State how many lines of the data contain the word "tactic", and write nothing besides the number.

[Opening Working data section]

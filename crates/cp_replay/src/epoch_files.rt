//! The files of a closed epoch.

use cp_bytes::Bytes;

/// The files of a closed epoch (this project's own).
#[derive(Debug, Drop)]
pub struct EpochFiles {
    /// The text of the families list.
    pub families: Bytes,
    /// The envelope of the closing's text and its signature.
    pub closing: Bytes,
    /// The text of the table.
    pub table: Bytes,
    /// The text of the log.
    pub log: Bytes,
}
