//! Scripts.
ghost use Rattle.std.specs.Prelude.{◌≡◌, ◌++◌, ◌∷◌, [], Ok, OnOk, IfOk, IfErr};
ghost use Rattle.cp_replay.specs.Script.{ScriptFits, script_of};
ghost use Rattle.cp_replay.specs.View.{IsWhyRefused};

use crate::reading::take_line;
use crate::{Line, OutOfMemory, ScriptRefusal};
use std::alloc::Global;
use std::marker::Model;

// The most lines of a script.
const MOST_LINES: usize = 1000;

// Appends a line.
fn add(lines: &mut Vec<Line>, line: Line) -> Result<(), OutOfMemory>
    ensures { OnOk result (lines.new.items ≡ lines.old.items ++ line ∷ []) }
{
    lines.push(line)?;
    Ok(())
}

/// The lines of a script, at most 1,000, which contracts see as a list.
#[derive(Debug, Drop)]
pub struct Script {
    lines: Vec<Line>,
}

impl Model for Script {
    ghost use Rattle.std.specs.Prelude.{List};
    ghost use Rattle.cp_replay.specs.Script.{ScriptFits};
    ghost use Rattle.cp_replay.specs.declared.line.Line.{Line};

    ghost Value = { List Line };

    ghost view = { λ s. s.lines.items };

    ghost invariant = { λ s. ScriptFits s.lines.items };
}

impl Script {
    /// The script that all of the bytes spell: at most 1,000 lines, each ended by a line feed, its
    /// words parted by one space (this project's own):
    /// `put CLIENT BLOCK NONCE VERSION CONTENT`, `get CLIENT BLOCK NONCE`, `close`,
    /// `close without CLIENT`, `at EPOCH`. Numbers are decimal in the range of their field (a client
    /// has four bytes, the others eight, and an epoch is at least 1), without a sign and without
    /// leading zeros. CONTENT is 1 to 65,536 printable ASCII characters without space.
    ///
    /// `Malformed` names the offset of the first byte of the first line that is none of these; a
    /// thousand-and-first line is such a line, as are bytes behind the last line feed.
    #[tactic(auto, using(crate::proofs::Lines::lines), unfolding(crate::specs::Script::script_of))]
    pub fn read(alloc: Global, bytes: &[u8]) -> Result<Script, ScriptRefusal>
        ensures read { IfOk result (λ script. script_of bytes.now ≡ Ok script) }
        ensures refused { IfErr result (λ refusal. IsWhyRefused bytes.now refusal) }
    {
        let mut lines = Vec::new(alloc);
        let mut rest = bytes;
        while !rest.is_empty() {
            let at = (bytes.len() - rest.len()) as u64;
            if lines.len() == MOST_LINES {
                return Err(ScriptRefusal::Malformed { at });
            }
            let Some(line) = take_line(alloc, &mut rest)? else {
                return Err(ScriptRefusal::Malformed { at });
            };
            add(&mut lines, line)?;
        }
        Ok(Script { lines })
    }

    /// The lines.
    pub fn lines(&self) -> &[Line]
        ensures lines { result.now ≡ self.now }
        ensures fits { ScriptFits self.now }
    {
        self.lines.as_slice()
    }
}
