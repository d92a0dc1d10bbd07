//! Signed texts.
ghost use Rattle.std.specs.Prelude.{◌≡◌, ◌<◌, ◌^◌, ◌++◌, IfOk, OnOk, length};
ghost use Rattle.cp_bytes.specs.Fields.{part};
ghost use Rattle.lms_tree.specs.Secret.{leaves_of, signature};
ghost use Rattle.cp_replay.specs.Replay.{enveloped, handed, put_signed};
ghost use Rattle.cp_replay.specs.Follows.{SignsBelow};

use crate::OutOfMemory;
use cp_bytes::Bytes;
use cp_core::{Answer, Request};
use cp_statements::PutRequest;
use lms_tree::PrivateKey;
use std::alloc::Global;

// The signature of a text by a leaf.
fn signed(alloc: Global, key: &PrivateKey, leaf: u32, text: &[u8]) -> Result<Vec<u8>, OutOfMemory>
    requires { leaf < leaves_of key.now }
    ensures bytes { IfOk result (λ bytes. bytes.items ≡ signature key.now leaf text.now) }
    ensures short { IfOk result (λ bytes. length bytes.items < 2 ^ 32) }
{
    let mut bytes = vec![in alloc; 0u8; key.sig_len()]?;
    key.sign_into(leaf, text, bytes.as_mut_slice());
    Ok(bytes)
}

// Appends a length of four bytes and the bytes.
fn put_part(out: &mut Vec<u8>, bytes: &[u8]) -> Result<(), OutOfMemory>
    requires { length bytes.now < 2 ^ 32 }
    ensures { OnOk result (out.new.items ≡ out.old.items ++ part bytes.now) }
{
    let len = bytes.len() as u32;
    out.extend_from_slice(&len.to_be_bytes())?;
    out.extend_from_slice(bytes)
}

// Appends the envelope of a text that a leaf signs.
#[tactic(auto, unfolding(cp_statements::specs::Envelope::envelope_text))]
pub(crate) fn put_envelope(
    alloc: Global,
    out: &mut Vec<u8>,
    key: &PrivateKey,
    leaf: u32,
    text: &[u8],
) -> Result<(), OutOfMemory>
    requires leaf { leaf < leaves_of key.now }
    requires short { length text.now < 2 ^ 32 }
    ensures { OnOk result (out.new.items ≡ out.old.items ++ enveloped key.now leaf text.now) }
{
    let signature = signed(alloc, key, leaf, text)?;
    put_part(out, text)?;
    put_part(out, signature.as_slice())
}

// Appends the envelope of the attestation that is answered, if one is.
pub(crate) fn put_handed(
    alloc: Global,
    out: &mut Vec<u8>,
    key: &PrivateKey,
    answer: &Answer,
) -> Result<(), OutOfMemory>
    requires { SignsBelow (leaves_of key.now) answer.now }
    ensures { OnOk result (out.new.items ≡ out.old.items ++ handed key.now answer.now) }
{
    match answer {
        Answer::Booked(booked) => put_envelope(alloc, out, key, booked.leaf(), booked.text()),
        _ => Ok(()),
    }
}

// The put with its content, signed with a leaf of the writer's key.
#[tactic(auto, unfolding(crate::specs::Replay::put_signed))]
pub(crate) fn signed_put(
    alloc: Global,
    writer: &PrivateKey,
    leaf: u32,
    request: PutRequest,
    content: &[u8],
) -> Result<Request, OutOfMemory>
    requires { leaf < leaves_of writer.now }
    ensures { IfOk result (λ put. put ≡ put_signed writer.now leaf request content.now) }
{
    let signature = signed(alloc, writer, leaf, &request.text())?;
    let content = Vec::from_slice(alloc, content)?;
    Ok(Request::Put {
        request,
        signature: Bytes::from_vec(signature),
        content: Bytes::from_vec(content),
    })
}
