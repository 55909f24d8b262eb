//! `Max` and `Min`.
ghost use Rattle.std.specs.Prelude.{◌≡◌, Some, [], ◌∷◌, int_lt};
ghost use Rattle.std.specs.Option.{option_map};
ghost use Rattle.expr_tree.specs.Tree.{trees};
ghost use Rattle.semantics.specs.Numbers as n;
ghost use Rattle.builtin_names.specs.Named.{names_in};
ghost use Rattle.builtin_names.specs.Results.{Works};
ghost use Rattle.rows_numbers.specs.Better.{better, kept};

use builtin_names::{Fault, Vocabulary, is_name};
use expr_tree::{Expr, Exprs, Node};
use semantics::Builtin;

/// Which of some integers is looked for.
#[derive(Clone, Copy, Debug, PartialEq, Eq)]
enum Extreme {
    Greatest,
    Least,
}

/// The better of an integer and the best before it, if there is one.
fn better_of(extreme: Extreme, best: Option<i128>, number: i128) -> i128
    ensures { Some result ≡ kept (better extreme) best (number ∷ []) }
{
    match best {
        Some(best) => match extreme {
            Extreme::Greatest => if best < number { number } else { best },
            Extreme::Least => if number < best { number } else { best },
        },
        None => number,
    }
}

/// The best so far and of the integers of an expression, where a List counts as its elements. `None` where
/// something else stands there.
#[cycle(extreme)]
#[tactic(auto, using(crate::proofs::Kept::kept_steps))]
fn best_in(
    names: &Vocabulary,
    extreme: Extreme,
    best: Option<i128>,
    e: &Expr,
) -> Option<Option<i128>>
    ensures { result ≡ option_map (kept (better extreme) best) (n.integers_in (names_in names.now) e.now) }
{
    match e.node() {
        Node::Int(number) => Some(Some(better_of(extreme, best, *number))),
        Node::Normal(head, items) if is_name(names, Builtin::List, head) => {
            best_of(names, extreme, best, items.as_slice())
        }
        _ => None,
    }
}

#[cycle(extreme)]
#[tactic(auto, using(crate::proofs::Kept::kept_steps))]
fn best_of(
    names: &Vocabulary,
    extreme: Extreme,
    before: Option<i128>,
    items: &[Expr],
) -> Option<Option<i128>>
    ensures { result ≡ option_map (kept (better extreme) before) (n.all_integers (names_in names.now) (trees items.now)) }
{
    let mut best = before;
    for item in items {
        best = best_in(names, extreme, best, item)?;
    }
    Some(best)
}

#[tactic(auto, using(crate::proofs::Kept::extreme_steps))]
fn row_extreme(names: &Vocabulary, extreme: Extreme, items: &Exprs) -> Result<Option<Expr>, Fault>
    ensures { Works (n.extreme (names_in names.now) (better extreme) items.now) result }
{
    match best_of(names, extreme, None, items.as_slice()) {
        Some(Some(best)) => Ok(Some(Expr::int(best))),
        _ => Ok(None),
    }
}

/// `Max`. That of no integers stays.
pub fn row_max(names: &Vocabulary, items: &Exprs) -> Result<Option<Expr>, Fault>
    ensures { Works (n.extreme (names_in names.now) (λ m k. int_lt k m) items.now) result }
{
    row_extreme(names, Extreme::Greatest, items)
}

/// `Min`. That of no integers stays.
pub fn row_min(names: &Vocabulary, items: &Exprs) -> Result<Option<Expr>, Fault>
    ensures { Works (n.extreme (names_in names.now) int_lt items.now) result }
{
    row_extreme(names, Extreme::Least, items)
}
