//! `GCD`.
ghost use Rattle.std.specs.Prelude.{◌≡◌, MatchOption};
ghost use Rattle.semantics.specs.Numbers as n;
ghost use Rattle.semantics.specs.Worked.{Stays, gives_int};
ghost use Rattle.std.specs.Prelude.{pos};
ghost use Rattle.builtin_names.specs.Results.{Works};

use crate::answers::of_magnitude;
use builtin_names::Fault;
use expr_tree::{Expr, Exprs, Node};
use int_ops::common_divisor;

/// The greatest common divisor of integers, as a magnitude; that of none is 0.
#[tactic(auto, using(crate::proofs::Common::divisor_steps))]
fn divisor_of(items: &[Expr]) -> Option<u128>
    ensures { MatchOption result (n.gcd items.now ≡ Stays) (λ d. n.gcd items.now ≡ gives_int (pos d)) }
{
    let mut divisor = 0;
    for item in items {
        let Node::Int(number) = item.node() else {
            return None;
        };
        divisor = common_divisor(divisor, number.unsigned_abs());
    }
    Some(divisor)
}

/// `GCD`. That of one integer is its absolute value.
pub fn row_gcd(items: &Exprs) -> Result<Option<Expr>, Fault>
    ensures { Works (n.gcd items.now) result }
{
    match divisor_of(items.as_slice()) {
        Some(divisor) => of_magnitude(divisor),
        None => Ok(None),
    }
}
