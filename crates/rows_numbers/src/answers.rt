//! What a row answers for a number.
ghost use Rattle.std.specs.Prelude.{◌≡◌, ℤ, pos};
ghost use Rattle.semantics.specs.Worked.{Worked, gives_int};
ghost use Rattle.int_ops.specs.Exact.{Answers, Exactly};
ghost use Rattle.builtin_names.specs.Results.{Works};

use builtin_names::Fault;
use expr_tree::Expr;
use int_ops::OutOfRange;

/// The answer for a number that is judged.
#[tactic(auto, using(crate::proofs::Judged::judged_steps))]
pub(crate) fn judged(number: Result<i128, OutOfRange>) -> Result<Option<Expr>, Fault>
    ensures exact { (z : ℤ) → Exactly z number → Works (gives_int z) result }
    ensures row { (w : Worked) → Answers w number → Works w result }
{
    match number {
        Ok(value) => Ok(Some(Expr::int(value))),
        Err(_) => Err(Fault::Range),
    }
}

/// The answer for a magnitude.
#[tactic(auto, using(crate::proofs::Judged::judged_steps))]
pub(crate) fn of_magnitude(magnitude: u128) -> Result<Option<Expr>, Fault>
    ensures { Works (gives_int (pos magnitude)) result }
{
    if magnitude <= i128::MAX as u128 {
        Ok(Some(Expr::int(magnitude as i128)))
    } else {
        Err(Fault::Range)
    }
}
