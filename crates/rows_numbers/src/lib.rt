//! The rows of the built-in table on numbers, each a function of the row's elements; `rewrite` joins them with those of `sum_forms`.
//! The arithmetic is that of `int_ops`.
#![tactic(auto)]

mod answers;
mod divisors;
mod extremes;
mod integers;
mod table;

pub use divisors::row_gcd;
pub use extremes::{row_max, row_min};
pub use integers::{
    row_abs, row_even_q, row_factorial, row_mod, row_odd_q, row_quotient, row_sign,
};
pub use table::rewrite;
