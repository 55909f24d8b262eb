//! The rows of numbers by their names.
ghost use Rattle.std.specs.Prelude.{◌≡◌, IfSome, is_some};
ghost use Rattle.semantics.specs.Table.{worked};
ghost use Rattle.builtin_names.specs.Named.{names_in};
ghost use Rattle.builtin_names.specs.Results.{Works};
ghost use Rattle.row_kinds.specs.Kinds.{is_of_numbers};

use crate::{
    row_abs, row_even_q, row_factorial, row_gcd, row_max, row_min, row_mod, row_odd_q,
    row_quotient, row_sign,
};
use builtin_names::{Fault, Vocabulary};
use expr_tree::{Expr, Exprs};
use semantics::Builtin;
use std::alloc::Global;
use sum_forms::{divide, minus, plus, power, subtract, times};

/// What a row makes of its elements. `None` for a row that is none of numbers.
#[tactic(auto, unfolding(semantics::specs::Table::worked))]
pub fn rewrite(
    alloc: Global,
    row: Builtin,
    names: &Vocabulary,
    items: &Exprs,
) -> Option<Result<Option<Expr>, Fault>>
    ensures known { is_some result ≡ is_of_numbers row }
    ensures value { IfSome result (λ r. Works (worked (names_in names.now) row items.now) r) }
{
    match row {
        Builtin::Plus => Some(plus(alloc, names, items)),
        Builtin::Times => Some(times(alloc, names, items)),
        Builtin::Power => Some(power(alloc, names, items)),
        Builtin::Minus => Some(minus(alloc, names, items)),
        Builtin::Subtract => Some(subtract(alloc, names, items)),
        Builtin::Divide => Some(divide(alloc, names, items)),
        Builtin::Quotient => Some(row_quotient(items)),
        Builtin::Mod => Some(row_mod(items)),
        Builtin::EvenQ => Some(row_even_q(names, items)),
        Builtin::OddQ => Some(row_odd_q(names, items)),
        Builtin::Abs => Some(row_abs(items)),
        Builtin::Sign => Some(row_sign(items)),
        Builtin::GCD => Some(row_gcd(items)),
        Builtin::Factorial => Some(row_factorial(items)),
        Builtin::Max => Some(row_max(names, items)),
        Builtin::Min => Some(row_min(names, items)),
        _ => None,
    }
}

[Closing Working data section]

# Solution:
11